MedPredictor is Classifier/Regressor that inputs the features matrix and output prediction/s. It is being executed after FeatureProcessors

MedPredictor in MedModel follow a defined sequence of method calls. Here’s the typical lifecycle:

  1. Constructor - Initializes the MedPredictor object.

  2. init_defaults() - Sets default values for the predictor. Be sure to update classifier_type to reflect the predictor type.

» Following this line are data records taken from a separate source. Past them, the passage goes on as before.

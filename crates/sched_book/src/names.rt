//! The names of instances: the workunit's name, an underscore and the instance's number.

ghost use Rattle.std.specs.Prelude.{◌≡◌, IfOk, option_map};
ghost use Rattle.sched_book.specs.Names.{instance_name, small_number, name_parts};

use std::alloc::Global;
use texts::{Memory, Text};

/// The name of the instance of this number of the workunit of this name.
pub fn instance_name(alloc: Global, unit: &str, number: u32) -> Result<Text, Memory>
    ensures { IfOk result (λ name. name ≡ instance_name unit.now number) }
{
    Ok(Text::of(format!(in alloc; "{unit}_{number}")?))
}

/// Reads a number from 0 to 99, with no leading zero.
fn small_number_of(text: &[u8]) -> Option<u32>
    ensures { result ≡ small_number text.now }
{
    match text {
        [digit] if digit.is_ascii_digit() => Some(u32::from(*digit - b'0')),
        [tens, ones] if *tens >= b'1' && tens.is_ascii_digit() && ones.is_ascii_digit() => {
            Some(10 * u32::from(*tens - b'0') + u32::from(*ones - b'0'))
        }
        _ => None,
    }
}

/// The parts of an instance's name: that of its workunit, and its number. The name is split at its last underscore.
/// After it is a number from 0 to 99, with no leading zero.
#[tactic(auto, using(crate::proofs::SplitNames::splits))]
pub fn split_name(name: &str) -> Option<(&str, u32)>
    ensures { option_map (λ parts. (parts.0.now, parts.1)) result ≡ name_parts name.now }
{
    let Some((unit, digits)) = name.rsplit_once('_') else {
        return None;
    };
    match small_number_of(digits.as_bytes()) {
        None => None,
        Some(number) => Some((unit, number)),
    }
}
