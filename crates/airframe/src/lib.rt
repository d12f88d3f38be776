// airframe/mod.rs: where a frame's motors stand, and the matrix that mixes them. The definitions and the functions from
// `row_sums` to `mix` hold for any number of motors; a frame of four is an instance of them.
#![tactic(auto, unfolding(crate::specs::Airframe::signs_at, crate::specs::Airframe::table, crate::specs::Airframe::signed, crate::specs::Airframe::frame_motor, crate::specs::Airframe::column, crate::specs::Airframe::add_squares, crate::specs::Airframe::divided, crate::specs::Airframe::good_sum, crate::specs::Airframe::good_sums, crate::specs::Airframe::dir_of, crate::specs::Airframe::call_quad_x_basic, crate::specs::Airframe::call_quad_p_basic, crate::specs::Airframe::dev_quad_motor_setup))]

ghost use Rattle.std.specs.Prelude.{◌≡◌, ◌+◌, ◌*◌, ◌<◌, ◌≤◌, length};
ghost use Rattle.airframe.specs.Airframe.{signs_at, signed, frame_motor, frame, rows_from, column, add_squares, divided, sums_of, good_sum, good_sums, entries, refusal_of, matrix_of, dir_of, quad, call_quad_x_basic, call_quad_p_basic, dev_quad_motor_setup};

use refusal::{Answer, Refusal, answer_of};

// What a frame makes of a distance: +0 whatever it is, the distance as it is, or with its sign turned.
#[derive(Clone, Copy)]
enum Sign {
    Nought,
    Plus,
    Minus,
}

// The signs of a motor's x, y and reaction.
#[derive(Clone, Copy)]
struct Signs(Sign, Sign, Sign);

// Four motors to a frame: the X frame's back right, front right, back left, front left; then the plus frame's right,
// front, back, left.
const FRAMES: [Signs; 8] = [
    Signs(Sign::Minus, Sign::Plus, Sign::Plus),
    Signs(Sign::Plus, Sign::Plus, Sign::Minus),
    Signs(Sign::Minus, Sign::Minus, Sign::Minus),
    Signs(Sign::Plus, Sign::Minus, Sign::Plus),
    Signs(Sign::Nought, Sign::Plus, Sign::Plus),
    Signs(Sign::Plus, Sign::Nought, Sign::Minus),
    Signs(Sign::Minus, Sign::Nought, Sign::Minus),
    Signs(Sign::Nought, Sign::Minus, Sign::Plus),
];

// A motor's place and the reaction of its propeller.
#[derive(Clone, Copy, Default)]
struct Motor {
    x: f32,
    y: f32,
    reaction: f32,
}

// One number for each row of the effectiveness matrix: the turns about x, y and z, and the push.
// Kept: four names, and no array. A column has a formula for each row, and the definitions are over the four.
#[derive(Clone, Copy, Default)]
struct PerRow {
    roll: f32,
    pitch: f32,
    yaw: f32,
    thrust: f32,
}

// What the motors of a frame have in common: half of the distances between them, the reaction of their propellers, and
// its factor, -1 where every propeller turns the other way round.
#[derive(Clone, Copy)]
struct Measures {
    half_x: f32,
    half_y: f32,
    reaction: f32,
    dir: f32,
}

// The one place where the table is read.
fn signs_at(at: usize) -> Signs
    requires { at < 8 }
    ensures { result ≡ signs_at at }
{
    FRAMES[at]
}

fn signed(sign: Sign, distance: f32) -> f32
    ensures { result ≡ signed sign distance }
{
    match sign {
        Sign::Plus => distance,
        Sign::Minus => -distance,
        Sign::Nought => 0.0,
    }
}

impl Measures {
    fn frame_motor(self, signs: Signs) -> Motor
        ensures { result ≡ frame_motor self signs }
    {
        Motor {
            x: signed(signs.0, self.half_x),
            y: signed(signs.1, self.half_y),
            reaction: signed(signs.2, self.reaction) * self.dir,
        }
    }

    // The motors of as many rows of the table as there is room for, from `first` on.
    fn place(self, first: usize, out: &mut [Motor])
        requires { first + length out.old ≤ 8 }
        ensures { out.new ≡ frame self (rows_from first (length out.old)) }
    {
        for (i, motor) in out.iter_mut().enumerate() {
            *motor = self.frame_motor(signs_at(first + i));
        }
    }
}

// A motor's column: the turns about x, y and z that it gives while it pushes along -z with thrust 1, and that push.
fn column(m: Motor) -> PerRow
    ensures { result ≡ column m }
{
    PerRow {
        roll: -m.y,
        pitch: m.x,
        yaw: -m.reaction,
        thrust: -1.0,
    }
}

fn add_squares(s: PerRow, c: PerRow) -> PerRow
    ensures { result ≡ add_squares s c }
{
    PerRow {
        roll: s.roll + c.roll * c.roll,
        pitch: s.pitch + c.pitch * c.pitch,
        yaw: s.yaw + c.yaw * c.yaw,
        thrust: s.thrust + c.thrust * c.thrust,
    }
}

fn divided(c: PerRow, s: PerRow) -> PerRow
    ensures { result ≡ divided c s }
{
    PerRow {
        roll: c.roll / s.roll,
        pitch: c.pitch / s.pitch,
        yaw: c.yaw / s.yaw,
        thrust: c.thrust / s.thrust,
    }
}

// The sum of squares of each row, from +0, in motor order.
fn row_sums(motors: &[Motor]) -> PerRow
    ensures { result ≡ sums_of motors.now }
{
    let mut s = PerRow::default();
    for motor in motors {
        s = add_squares(s, column(*motor));
    }
    s
}

// Above 0 and finite.
fn good_sum(s: f32) -> bool
    ensures { result ≡ good_sum s }
{
    s > 0.0 && s < f32::INFINITY
}

fn good_sums(s: PerRow) -> bool
    ensures { result ≡ good_sums s }
{
    good_sum(s.roll) && good_sum(s.pitch) && good_sum(s.yaw) && good_sum(s.thrust)
}

// Writes each motor's column, divided row by row by the sums.
fn divide(motors: &[Motor], s: PerRow, out: &mut [f32])
    requires { length out.old ≡ 4 * length motors.now }
    ensures { out.new ≡ entries s motors.now }
{
    for (i, motor) in motors.iter().enumerate() {
        let e = divided(column(*motor), s);
        let at = 4 * i;
        out[at] = e.roll;
        out[at + 1] = e.pitch;
        out[at + 2] = e.yaw;
        out[at + 3] = e.thrust;
    }
}

// The mixing matrix of a lent run of motors, four numbers a motor, in motor order. Refused, the numbers are +0.
fn mix(motors: &[Motor], out: &mut [f32]) -> Option<Refusal>
    requires { length out.old ≡ 4 * length motors.now }
    ensures { (result ≡ refusal_of motors.now) × (out.new ≡ matrix_of motors.now) }
{
    let s = row_sums(motors);
    if good_sums(s) {
        divide(motors, s, out);
        return None;
    }
    out.fill(0.0);
    Some(Refusal::RowSum)
}

fn dir_of(turned: bool) -> f32
    ensures { result ≡ dir_of turned }
{
    if turned { -1.0 } else { 1.0 }
}

// A frame of four motors: four numbers a motor, the motors in the Rust's order. The Rust makes a `MotorSetup` and asks it for
// `into_mixing_matrix`; here one call does both. The Rust's `position` has half of each distance, and its `reaction` the direction
// as a factor.
#[tactic(auto, unfolding(crate::specs::Airframe::dir_of, crate::specs::Airframe::quad_motors, crate::specs::Airframe::mixed, crate::specs::Airframe::quad))]
fn quad(first: usize, x_dist: f32, y_dist: f32, reaction: f32, turned: bool) -> Answer<[f32; 16]>
    requires { first + 4 ≤ 8 }
    ensures { result ≡ quad first x_dist y_dist reaction turned }
{
    let measures = Measures {
        half_x: x_dist / 2.0,
        half_y: y_dist / 2.0,
        reaction,
        dir: dir_of(turned),
    };
    let mut motors = [Motor::default(); 4];
    measures.place(first, &mut motors);
    let mut matrix = [0.0f32; 16];
    let why = mix(&motors, &mut matrix);
    answer_of(why, matrix)
}

// The X frame; `outspin` turns every propeller the other way round.
// Kept: a bool, as the Rust's call takes it. It is a switch with no value beside it, and so is `reverse` below.
pub fn quad_x_basic(x_dist: f32, y_dist: f32, reaction: f32, outspin: bool) -> Answer<[f32; 16]>
    ensures { result ≡ call_quad_x_basic x_dist y_dist reaction outspin }
{
    quad(0, x_dist, y_dist, reaction, outspin)
}

// The plus frame; `reverse` turns every propeller the other way round.
pub fn quad_p_basic(
    x_motor_spacing: f32,
    y_motor_spacing: f32,
    reaction: f32,
    reverse: bool,
) -> Answer<[f32; 16]>
    ensures { result ≡ call_quad_p_basic x_motor_spacing y_motor_spacing reaction reverse }
{
    quad(4, x_motor_spacing, y_motor_spacing, reaction, reverse)
}

// The Rust's constant DEV_QUAD_MOTOR_SETUP, as a function: a constant cannot hold a call here.
pub fn dev_quad_motor_setup() -> Answer<[f32; 16]>
    ensures { result ≡ dev_quad_motor_setup }
{
    quad_x_basic(0.165, 0.225, 0.1, false)
}
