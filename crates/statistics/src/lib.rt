// statistics.rs: a running mean and variance that forget old samples.
#![tactic(auto)]

ghost use Rattle.std.specs.Prelude.{◌≡◌};
ghost use Rattle.statistics.specs.Statistics.{bad_alpha, call_new_statistics, sampled, call_add_sample, call_mean_var, call_std_dev};

use refusal::{Answer, Refusal};

#[derive(Clone, Copy, Debug, Default, PartialEq)]
pub struct Statistics {
    // Kept: a flag beside the numbers, and no Option of them. A state built by hand holds numbers that are not in use yet, and shows them.
    pub initialized: bool,
    pub alpha: f32,
    pub mean: f32,
    pub variance: f32,
}

#[derive(Clone, Copy, Debug, Default, PartialEq)]
pub struct MeanVar {
    pub mean: f32,
    pub variance: f32,
}

fn bad_alpha(alpha: f32) -> bool
    ensures { result ≡ bad_alpha alpha }
{
    !(alpha > 0.0 && alpha <= 1.0)
}

impl Statistics {
    // Refused, the state is all-zero.
    pub fn new(alpha: f32) -> Answer<Statistics>
        ensures { result ≡ call_new_statistics alpha }
    {
        if bad_alpha(alpha) {
            return Refusal::Alpha.with(Statistics::default());
        }
        Ok(Statistics {
            alpha,
            ..Statistics::default()
        })
    }

    fn sampled(self, sample: f32) -> Statistics
        ensures { result ≡ sampled self sample }
    {
        if !self.initialized {
            return Statistics {
                initialized: true,
                mean: sample,
                variance: 0.0,
                ..self
            };
        }
        let delta = sample - self.mean;
        Statistics {
            mean: self.mean + delta * self.alpha,
            variance: (self.variance + delta * delta * self.alpha) * (1.0 - self.alpha),
            ..self
        }
    }

    // Refused, the state is as it was.
    pub fn add_sample(self, sample: f32) -> Answer<Statistics>
        ensures { result ≡ call_add_sample self sample }
    {
        if bad_alpha(self.alpha) {
            return Refusal::Alpha.with(self);
        }
        Ok(self.sampled(sample))
    }

    pub fn mean_var(self) -> Answer<MeanVar>
        ensures { result ≡ call_mean_var self }
    {
        if bad_alpha(self.alpha) {
            return Refusal::Alpha.with(MeanVar::default());
        }
        Ok(MeanVar {
            mean: self.mean,
            variance: self.variance,
        })
    }

    pub fn std_dev(self) -> Answer<f32>
        ensures { result ≡ call_std_dev self }
    {
        if bad_alpha(self.alpha) {
            return Refusal::Alpha.with(0.0);
        }
        Ok(root::sqrt(self.variance))
    }
}
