// The compression function of BLAKE3, on a state that is held as its four columns; a message is held in the same way. The compiler
// keeps structs in registers, and arrays in memory. blake3_lanes has the same rounds: where they have two callers, they are in line
// by the hint alone (docs/PERFORMANCE.md).
#![tactic(auto)]

ghost use Rattle.std.specs.Prelude.{◌≡◌};
ghost use Rattle.blake3_compression.specs.Compression.{columns, diagonals, one_round, permuted, rounds, initial, final, compressed};
ghost use Rattle.blake3_compression.specs.Columns.{words, diagonal as diagonal_of, sixteen};

use blake3_mixing::{Quad, mix};

#[derive(Clone, Copy)]
pub struct State {
    pub p: Quad,
    pub q: Quad,
    pub r: Quad,
    pub s: Quad,
}

#[inline(always)]
fn mix_columns(t: State, m: State) -> State
    ensures { words result ≡ columns (words t) (words m) }
{
    let p = mix(t.p, m.p.a, m.q.a);
    let q = mix(t.q, m.r.a, m.s.a);
    let r = mix(t.r, m.p.b, m.q.b);
    let s = mix(t.s, m.r.b, m.s.b);
    State { p, q, r, s }
}

// The words of four columns that lie on a diagonal which starts in the first.
#[inline(always)]
fn diagonal(a: Quad, b: Quad, c: Quad, d: Quad) -> Quad
    ensures { result ≡ diagonal_of a b c d }
{
    Quad {
        a: a.a,
        b: b.b,
        c: c.c,
        d: d.d,
    }
}

// Of four diagonals, the columns are the diagonals that run the other way.
#[inline(always)]
fn mix_diagonals(t: State, m: State) -> State
    ensures { words result ≡ diagonals (words t) (words m) }
{
    let p = mix(diagonal(t.p, t.q, t.r, t.s), m.p.c, m.q.c);
    let q = mix(diagonal(t.q, t.r, t.s, t.p), m.r.c, m.s.c);
    let r = mix(diagonal(t.r, t.s, t.p, t.q), m.p.d, m.q.d);
    let s = mix(diagonal(t.s, t.p, t.q, t.r), m.r.d, m.s.d);
    State {
        p: diagonal(p, s, r, q),
        q: diagonal(q, p, s, r),
        r: diagonal(r, q, p, s),
        s: diagonal(s, r, q, p),
    }
}

#[inline(always)]
pub fn round(t: State, m: State) -> State
    ensures { words result ≡ one_round (words t) (words m) }
{
    mix_diagonals(mix_columns(t, m), m)
}

// The message words in the next round's order.
#[inline(always)]
pub fn permute(m: State) -> State
    ensures { words result ≡ permuted (words m) }
{
    State {
        p: Quad {
            a: m.r.a,
            b: m.s.b,
            c: m.q.a,
            d: m.q.c,
        },
        q: Quad {
            a: m.r.b,
            b: m.p.a,
            c: m.s.c,
            d: m.r.d,
        },
        r: Quad {
            a: m.s.a,
            b: m.p.b,
            c: m.p.d,
            d: m.s.d,
        },
        s: Quad {
            a: m.r.c,
            b: m.q.d,
            c: m.q.b,
            d: m.p.c,
        },
    }
}

// One after another and in no loop: each round's place for each message word is then known as the code is made, and no word is
// moved between rounds.
fn seven_rounds(t: State, m: State) -> State
    ensures { words result ≡ rounds 7 (words t) (words m) }
{
    let v = round(t, m);
    let m = permute(m);
    let v = round(v, m);
    let m = permute(m);
    let v = round(v, m);
    let m = permute(m);
    let v = round(v, m);
    let m = permute(m);
    let v = round(v, m);
    let m = permute(m);
    let v = round(v, m);
    let m = permute(m);
    round(v, m)
}

// The state before the first round.
pub fn start(h: [u32; 8], t: u64, b: u32, d: u32) -> State
    ensures { words result ≡ initial h t b d }
{
    State {
        p: Quad {
            a: h[0],
            b: h[4],
            c: 0x6A09_E667,
            d: (t % 0x1_0000_0000) as u32,
        },
        q: Quad {
            a: h[1],
            b: h[5],
            c: 0xBB67_AE85,
            d: (t / 0x1_0000_0000) as u32,
        },
        r: Quad {
            a: h[2],
            b: h[6],
            c: 0x3C6E_F372,
            d: b,
        },
        s: Quad {
            a: h[3],
            b: h[7],
            c: 0xA54F_F53A,
            d,
        },
    }
}

pub fn columns_of(m: [u32; 16]) -> State
    ensures { words result ≡ sixteen m }
{
    State {
        p: Quad {
            a: m[0],
            b: m[4],
            c: m[8],
            d: m[12],
        },
        q: Quad {
            a: m[1],
            b: m[5],
            c: m[9],
            d: m[13],
        },
        r: Quad {
            a: m[2],
            b: m[6],
            c: m[10],
            d: m[14],
        },
        s: Quad {
            a: m[3],
            b: m[7],
            c: m[11],
            d: m[15],
        },
    }
}

// The output, from the last state.
fn finish(v: State, h: [u32; 8]) -> [u32; 16]
    ensures { result ≡ final (words v) h }
{
    [
        v.p.a ^ v.p.c,
        v.q.a ^ v.q.c,
        v.r.a ^ v.r.c,
        v.s.a ^ v.s.c,
        v.p.b ^ v.p.d,
        v.q.b ^ v.q.d,
        v.r.b ^ v.r.d,
        v.s.b ^ v.s.d,
        v.p.c ^ h[0],
        v.q.c ^ h[1],
        v.r.c ^ h[2],
        v.s.c ^ h[3],
        v.p.d ^ h[4],
        v.q.d ^ h[5],
        v.r.d ^ h[6],
        v.s.d ^ h[7],
    ]
}

// The chaining value h, the message words m, the counter t, the block's length b and the flags d, compressed.
pub fn compress(h: [u32; 8], m: [u32; 16], t: u64, b: u32, d: u32) -> [u32; 16]
    ensures { result ≡ compressed h m t b d }
{
    finish(seven_rounds(start(h, t, b, d), columns_of(m)), h)
}
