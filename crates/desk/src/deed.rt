//! What a call may do to its queue.

ghost use Rattle.std.specs.Prelude.{◌≡◌};
ghost use Rattle.desk.specs.Due.{deed_of};

use session::queue_model::Call;

/// What a call that is answered may do, as far as it bears on calls that wait. A Get makes a queue
/// on which nobody waits yet.
#[derive(Clone, Copy)]
pub enum Deed {
    /// Nothing.
    Nothing,
    /// It puts a message of a type on a queue.
    Puts {
        /// The queue.
        queue: u32,
        /// The type.
        mtype: i64,
    },
    /// It takes a message from this queue.
    Takes(u32),
    /// It changes the settings of this queue, or removes it.
    Alters(u32),
}

/// What this call may do.
pub(crate) fn deed_of(call: &Call) -> Deed
    ensures { result ≡ deed_of call.now }
{
    match call {
        Call::Get(_) | Call::Stat { .. } => Deed::Nothing,
        Call::Send(arguments) => Deed::Puts {
            queue: arguments.id,
            mtype: arguments.mtype,
        },
        Call::Receive(arguments) => Deed::Takes(arguments.id),
        Call::Set(arguments) => Deed::Alters(arguments.id),
        Call::Remove { id } => Deed::Alters(*id),
    }
}
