// Makes the plan of a job in the six lent slices, its lists and its order, or refuses with 8 or 9.
#![tactic(auto)]

ghost use Rattle.refusals.specs.Answers.{answer_from};
ghost use Rattle.job.specs.Given.{job_given};
ghost use Rattle.lent.specs.Six.{six_slices};
ghost use Rattle.lent_plan.specs.Made.{Plannable, Made};

use job::Job;
use lists::Lists;
use refusals::{Refusal, Refused, refuse};

// Makes the plan of a job that passed its tests, in slices that are long enough: the lists, or 8 with the rows needed; then the order, or 9
// if its peak is over the limit. Answers the peak. A refusal leaves what was made so far.
pub fn planned(
    job: Job,
    parents: &mut [u32],
    order: &mut [u32],
    pops: &mut [u32],
    fstarts: &mut [u64],
    frows: &mut [u32],
    work: &mut [u64],
) -> Result<u64, Refused>
    requires { Plannable (job_given job) (six_slices parents.old order.old pops.old fstarts.old frows.old work.old) }
    ensures { Made (job_given job.entry)
        (six_slices parents.old order.old pops.old fstarts.old frows.old
        work.old)
        (six_slices parents.new order.new pops.new fstarts.new frows.new
        work.new) (answer_from result) }
{
    let head = job.head;
    let n = head.n as usize;
    let pattern = Lists {
        starts: job.starts,
        rows: job.rows,
    };
    let done = lent_lists::list_columns(n, pattern, parents, order, pops, fstarts, frows, work);
    if done < n {
        let needed = rows_needed::rows_needed(n, pattern, parents, work);
        return refuse(Refusal::FactorRowsDoNotFit, 0, needed);
    }
    let peak = lent_order::order_columns(head.mark, n, parents, order, pops, fstarts, work);
    if head.limit < peak {
        return refuse(Refusal::PeakOverLimit, 0, peak);
    }
    Ok(peak)
}
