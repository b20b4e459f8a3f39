// The entry points for C. A slice is a pointer and a length; a function returns the answer's number and stores its place and count. Each
// calls its entry point and promises the same outcome.
#![tactic(auto)]

ghost use Rattle.std.specs.Prelude.{◌≡◌, List, ℕ};
ghost use Rattle.papers.specs.Refusals.{answer, Outcome};
ghost use Rattle.papers.specs.Job.{job_of};
ghost use Rattle.papers.specs.Analysis.{Lent, key_written, analysed, PlanLent, plan_written};
ghost use Rattle.papers.specs.Check.{checked};
ghost use Rattle.papers.specs.Run.{ran};
ghost use Rattle.lent.specs.Six.{six_slices};

use papers::JobHead;

// Writes the key of a job: key::write_key.
#[unsafe(no_mangle)]
pub extern "C" fn ls_write_key(
    n: u64,
    starts: &[u64],
    rows: &[u32],
    mark: u64,
    limit: u64,
    bytes: &mut [u8],
    place: &mut u64,
    count: &mut u64,
) -> u64
    ensures { ◌≡◌ {A = Outcome (List ℕ)} (record { answered = answer result place.new count.new; lent = bytes.new })
        (key_written (job_of (record { n = n; mark = mark; limit = limit }) starts.now rows.now)
        bytes.old) }
{
    let answered = key::write_key(JobHead { n, mark, limit }, starts, rows, bytes);
    *place = answered.place;
    *count = answered.count;
    answered.number
}

// Analyses a job: analysis::analyse.
#[unsafe(no_mangle)]
pub extern "C" fn ls_analyse(
    n: u64,
    starts: &[u64],
    rows: &[u32],
    mark: u64,
    limit: u64,
    parents: &mut [u32],
    order: &mut [u32],
    pops: &mut [u32],
    fstarts: &mut [u64],
    frows: &mut [u32],
    work: &mut [u64],
    place: &mut u64,
    count: &mut u64,
) -> u64
    ensures { ◌≡◌ {A = Outcome Lent}
        (record {
          answered = answer result place.new count.new;
          lent = six_slices parents.new order.new
              pops.new fstarts.new frows.new work.new;
        })
        (analysed (job_of (record { n = n; mark = mark; limit = limit }) starts.now rows.now)
        (six_slices parents.old order.old pops.old fstarts.old frows.old
        work.old)) }
{
    let answered = analysis::analyse(
        JobHead { n, mark, limit },
        starts,
        rows,
        parents,
        order,
        pops,
        fstarts,
        frows,
        work,
    );
    *place = answered.place;
    *count = answered.count;
    answered.number
}

// Analyses a job and writes its plan: plan_bytes::write_plan.
#[unsafe(no_mangle)]
pub extern "C" fn ls_write_plan(
    n: u64,
    starts: &[u64],
    rows: &[u32],
    mark: u64,
    limit: u64,
    parents: &mut [u32],
    order: &mut [u32],
    pops: &mut [u32],
    fstarts: &mut [u64],
    frows: &mut [u32],
    work: &mut [u64],
    bytes: &mut [u8],
    place: &mut u64,
    count: &mut u64,
) -> u64
    ensures { ◌≡◌ {A = Outcome PlanLent}
        (record {
          answered = answer result place.new count.new;
          lent = record {
            analysis = six_slices parents.new order.new pops.new fstarts.new frows.new
                work.new;
            bytes = bytes.new;
          };
        })
        (plan_written (job_of (record { n = n; mark = mark; limit = limit }) starts.now rows.now)
        (record {
          analysis = six_slices parents.old order.old pops.old fstarts.old
              frows.old work.old;
          bytes = bytes.old;
        })) }
{
    let answered = plan_bytes::write_plan(
        JobHead { n, mark, limit },
        starts,
        rows,
        parents,
        order,
        pops,
        fstarts,
        frows,
        work,
        bytes,
    );
    *place = answered.place;
    *count = answered.count;
    answered.number
}

// Checks a plan for a job: checker::check_plan.
#[unsafe(no_mangle)]
pub extern "C" fn ls_check_plan(
    n: u64,
    starts: &[u64],
    rows: &[u32],
    mark: u64,
    limit: u64,
    plan: &[u8],
    parents: &mut [u32],
    order: &mut [u32],
    pops: &mut [u32],
    fstarts: &mut [u64],
    frows: &mut [u32],
    work: &mut [u64],
    place: &mut u64,
    count: &mut u64,
) -> u64
    ensures { ◌≡◌ {A = Outcome Lent}
        (record {
          answered = answer result place.new count.new;
          lent = six_slices parents.new order.new
              pops.new fstarts.new frows.new work.new;
        })
        (checked (job_of (record { n = n; mark = mark; limit = limit }) starts.now rows.now)
        plan.now (six_slices parents.old order.old pops.old fstarts.old
        frows.old work.old)) }
{
    let answered = checker::check_plan(
        JobHead { n, mark, limit },
        starts,
        rows,
        plan,
        parents,
        order,
        pops,
        fstarts,
        frows,
        work,
    );
    *place = answered.place;
    *count = answered.count;
    answered.number
}

// Runs steps on a stack: stack_run::run.
#[unsafe(no_mangle)]
pub extern "C" fn ls_run(
    n: u64,
    fstarts: &[u64],
    frows: &[u32],
    columns: &[u32],
    pops: &[u32],
    room: u64,
    stack: &mut [u32],
    place: &mut u64,
    count: &mut u64,
) -> u64
    ensures { ◌≡◌ {A = Outcome (List ℕ)} (record { answered = answer result place.new count.new; lent = stack.new })
        (ran (record {
          n = n;
          starts = fstarts.now;
          rows = frows.now;
          columns = columns.now;
          pops = pops.now;
          room = room;
          stack = stack.old;
        })) }
{
    let answered = stack_run::run(n, fstarts, frows, columns, pops, room, stack);
    *place = answered.place;
    *count = answered.count;
    answered.number
}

  3. Initialization - During learning:
    Implement init(map<string, string>& mapper) to parse parameters from a key-value map (using SerializableObject::init_from_string).
    Medial pipeline will initialize features_count and model_features that when we apply the modle we can make sure all and only needed features are inputed to the model. You might want to set transpose_for_learn, transpose_for_predict - if transpose of features matrix is needed for this type of predictor You might want to set (legacy and almost not used. Please use Feature Processors) to normalize the inputs: normalize_for_learn, normalize_y_for_learn, normalize_for_predict - During application:
    Arguments are loaded from disk. Parameters stored via ADD_SERIALIZATION_FUNCS are restored automatically.

  4. Learning Phase - learn()
    Implements any learning logic needed during training.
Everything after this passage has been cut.